Watching football with newbies
My sister, Partly Cloudy and Pleasant, is fairly new to watching football all the time, but can be delightful to watch games with. Because she doesn't really know anything about football, she brings a fresh viewpoint to things we take for granted. For example, she thinks teams are so stupid to continually run up the middle. Why would you try run where everybody is? Why just run into a pile of people? It usually doesn't work; why wouldn't you try run where all the other people aren't? And to be honest, I haven't found a satisfactory way to justify the high number of runs up the middle for very little gain to her.

She also laughs like it's the funniest thing in the world when a running back tries to jump over the pile for a touchdown. This little bit of fancy is enought to amuse her, while A Bit More Humid and myself just sit calmly watching the TV.

Meyton Panning and Harvin Marrison
Though Reggie Wayne is certainly a very good WR, the best WR on the Colts is still Marvin Harrison, right? And Marvin Harrison, almost without exception, is always lined up on the right side of the formation (the Colts are unique in not moving their elite WR around the field in different formations). Yet the majority of the time Peyton Manning drops back, he doesn't even look to the right. Seriously (if Harrison is on your fantasy team, you will figure this out quickly).

My theory is that Manning is actually so used to reading defenses, so used to playing with Harrison, and so used to having Harrison on his right side, that Manning can know what is going on without even looking at Harrison. If Harrison is going to be covered, he'll know it and look the other way. If the coverage shows that Harrison can get open, he'll look right and probably throw it right.

(by the way, the subtitle is not a typo. I like to reverse the the letters of a person's first and last name and see if it would make a good "Star Wars" name. Sometimes it does, sometimes it doesn't. I'll let you evaluate Meyton Panning and Harvin Marrison for yourself).

Tadainian Lomlinson
Is Tomlinson already a Hall of Famer? Seriously, look at his numbers. Going into this season, he had never had less than 1,200 yards (over 1,600 twice), never had less than 50 receptions (high of 100), and never had less than 10 touchdowns (high of 20). Through ten games, of course, he already has 1,000 yards, 22 touchdowns, and 47 receptions. Yes, by trading draft picks in fantasy football I essentially traded Tomlinson for Clinton Portis and Steve Smith. And look at your fantasy league: does whoever is in first place (or at least has the most points) have Tomlinson? When he retires, he'll be on a short list of the all-time greats, and he's already in the Fantasy Football Hall of Fame.

Speaking of Tomlinson, it is absolutely delightful to watch NFL teams run plays that usually work successfully on Madden. On Tomlinson's TD reception, he was in the backfield and the Chargers were in the shotgun with WRs spread around the outside.

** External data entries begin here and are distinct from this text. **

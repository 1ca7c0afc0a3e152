#![tactic(auto)]

//! Words that several crates share: of objects of the outside, which count their faults and may tell what they hold,
//! and of bytes that are cut at a byte.

ghost use Rattle.std.specs.Prelude.{◌≡◌, ◌<◌, ◌≤◌, ◌++◌, ℕ, List, [], ◌∷◌, codes};
ghost use Rattle.outside.specs.Counts.{Rose, last_count};
ghost use Rattle.outside.specs.Parts.{cut_at, split_at, HasNone};

/// A count that never falls and didn't rise is the same.
pub fn unrisen_counts()
    ensures { (before now : ℕ) → before ≤ now → ¬ (Rose before now) → before ≡ now }
{}

/// A count that rose is a greater one, unless its counter stood at the last value, where it counts as risen.
pub fn risen_counts()
    ensures greater { (before now : ℕ) → before < last_count → Rose before now → before < now }
    ensures last { Rose last_count last_count }
{}

/// A mark ends a part, whatever follows, and bytes without one are no part.
pub fn parts_are_cut()
    ensures part { (mark : ℕ) (part rest : List ℕ) → HasNone mark part
        → (cut_at mark (part ++ mark ∷ rest)).parts ≡ part ∷ (cut_at mark rest).parts }
    ensures rest { (mark : ℕ) (bytes : List ℕ) → HasNone mark bytes → split_at mark bytes ≡ bytes ∷ [] }
    ensures example { split_at 32 (codes "a  b") ≡ codes "a" ∷ [] ∷ codes "b" ∷ [] }
{}
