//! The order in which commits move into master: parents from left to right, and then the commit.

#![tactic(auto)]

mod graph;
mod laws;
mod order;
mod walk;

pub use graph::{Node, ParentsOf};
pub use laws::{
    exactly_ancestors, more_rows, order_spelled_out, parents_first, placed_before,
    placed_behind_parents, placed_by_names, placed_once, rows_placed_before,
    rows_placed_behind_parents,
};
pub use walk::place;
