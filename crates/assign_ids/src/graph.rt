//! The commits that are to be placed, by numbers, and their parents.

ghost use Rattle.std.specs.Prelude.{◌≡◌, ℕ, List};

/// A parent of a commit.
#[derive(Clone, Copy, Debug, PartialEq, Eq, Drop)]
pub enum Node {
    /// It is in master already.
    Placed,
    /// It is the commit of this number, which isn't in master yet.
    Other(u32),
}

/// Commits that aren't in master, each known by a number.
pub trait ParentsOf {
    ghost use Rattle.assign_ids.specs.declared.graph.Node.{Node};

    /// The parents of each number, in order. A number that is no commit's has none.
    ghost parents: { Self → ℕ → List Node };

    /// The parents of the commit `k`, in order.
    fn parents_of(&self, k: u32) -> &[Node]
        ensures { result.now ≡ parents self.now k };
}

Tomlinson quickly cut out of the backfield to the middle of the field. He was covered by a linebacker and easily breezed past him, and because of the spread formation, there were no other defenders around to tackle him as Tomlinson ran relatively easily to the endzone. This is absolutely a consistently effective video game play.

In many ways, I'm a weak man
Yes, the Packers' 35-0 loss against the Patriots at home dulled the blow of the Vikes' defeat. A Packer loss always does.

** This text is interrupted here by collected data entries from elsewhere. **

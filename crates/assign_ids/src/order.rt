//! The numbers placed so far, each found at once.

ghost use Rattle.std.specs.Prelude.{◌≡◌, ◌<◌, ◌++◌, [], ◌∷◌, IfOk, OnOk, nat_eq};
ghost use Rattle.id_groups.specs.Lists.{is_in};

use std::alloc::{AllocError, Global};
use std::marker::Model;

/// Numbers in the order in which they were placed.
#[derive(Drop)]
pub(crate) struct Order {
    numbers: Vec<u32>,
    is_placed: Vec<bool>,
}

impl Model for Order {
    ghost use Rattle.std.specs.Prelude.{◌≡◌, ◌<◌, ℕ, false, length, nat_eq};
    ghost use Rattle.std.proofs.Math.ListN.{get_or};
    ghost use Rattle.id_groups.specs.Lists.{is_in};
    ghost use Rattle.assign_ids.specs.Progress.{Progress};

    ghost Value = { Progress };

    ghost view = { λ order. record { numbers = order.numbers.items; size = length order.is_placed.items } };

    ghost invariant = { λ order. (k : ℕ) → k < length order.is_placed.items
        → get_or order.is_placed.items k false ≡ is_in nat_eq k order.numbers.items };
}

impl Order {
    /// Nothing is placed yet, and each number below `size` may be.
    pub(crate) fn new(alloc: Global, size: usize) -> Result<Order, AllocError>
        ensures { IfOk result (λ order. order ≡ record { numbers = []; size = size }) }
    {
        Ok(Order {
            numbers: Vec::new(alloc),
            is_placed: vec![in alloc; false; size]?,
        })
    }

    /// Whether the number is placed.
    pub(crate) fn contains(&self, number: u32) -> bool
        requires { number < self.now.size }
        ensures { result ≡ is_in nat_eq number self.now.numbers }
    {
        self.is_placed[number as usize]
    }

    /// Places the number behind all others.
    pub(crate) fn push(&mut self, number: u32) -> Result<(), AllocError>
        requires { number < self.old.size }
        ensures { OnOk result (self.new ≡ record { numbers = self.old.numbers ++ number ∷ []; size = self.old.size }) }
    {
        self.numbers.push(number)?;
        self.is_placed[number as usize] = true;
        Ok(())
    }

    /// All that was placed, in order.
    pub(crate) fn into_numbers(self) -> Vec<u32>
        ensures { result.items ≡ self.numbers }
    {
        self.numbers
    }
}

And just remember, as Fiyero sings in "Dancing Through Life" in "Wicked":

"Nothing matters but knowing nothing matters. It's just life."


  1. First off, I love the literary references. Secondly, I love the fact that the Packers just experienced their second worst home loss ever. Thirdly, I hope Farve can't play against Seattle. I know nothing about medicine, but nerve injuries seem like the kind of thing that don't heal quickly.

  2. Anonymous12:34 PM

    Vicodin will help.

    LT is my boy!

  3. Chin up Viking fan. My Giants may not have lost 4 in a row yet, but if they continue to run out a practice squad defense, I'm sure they'll be there soon.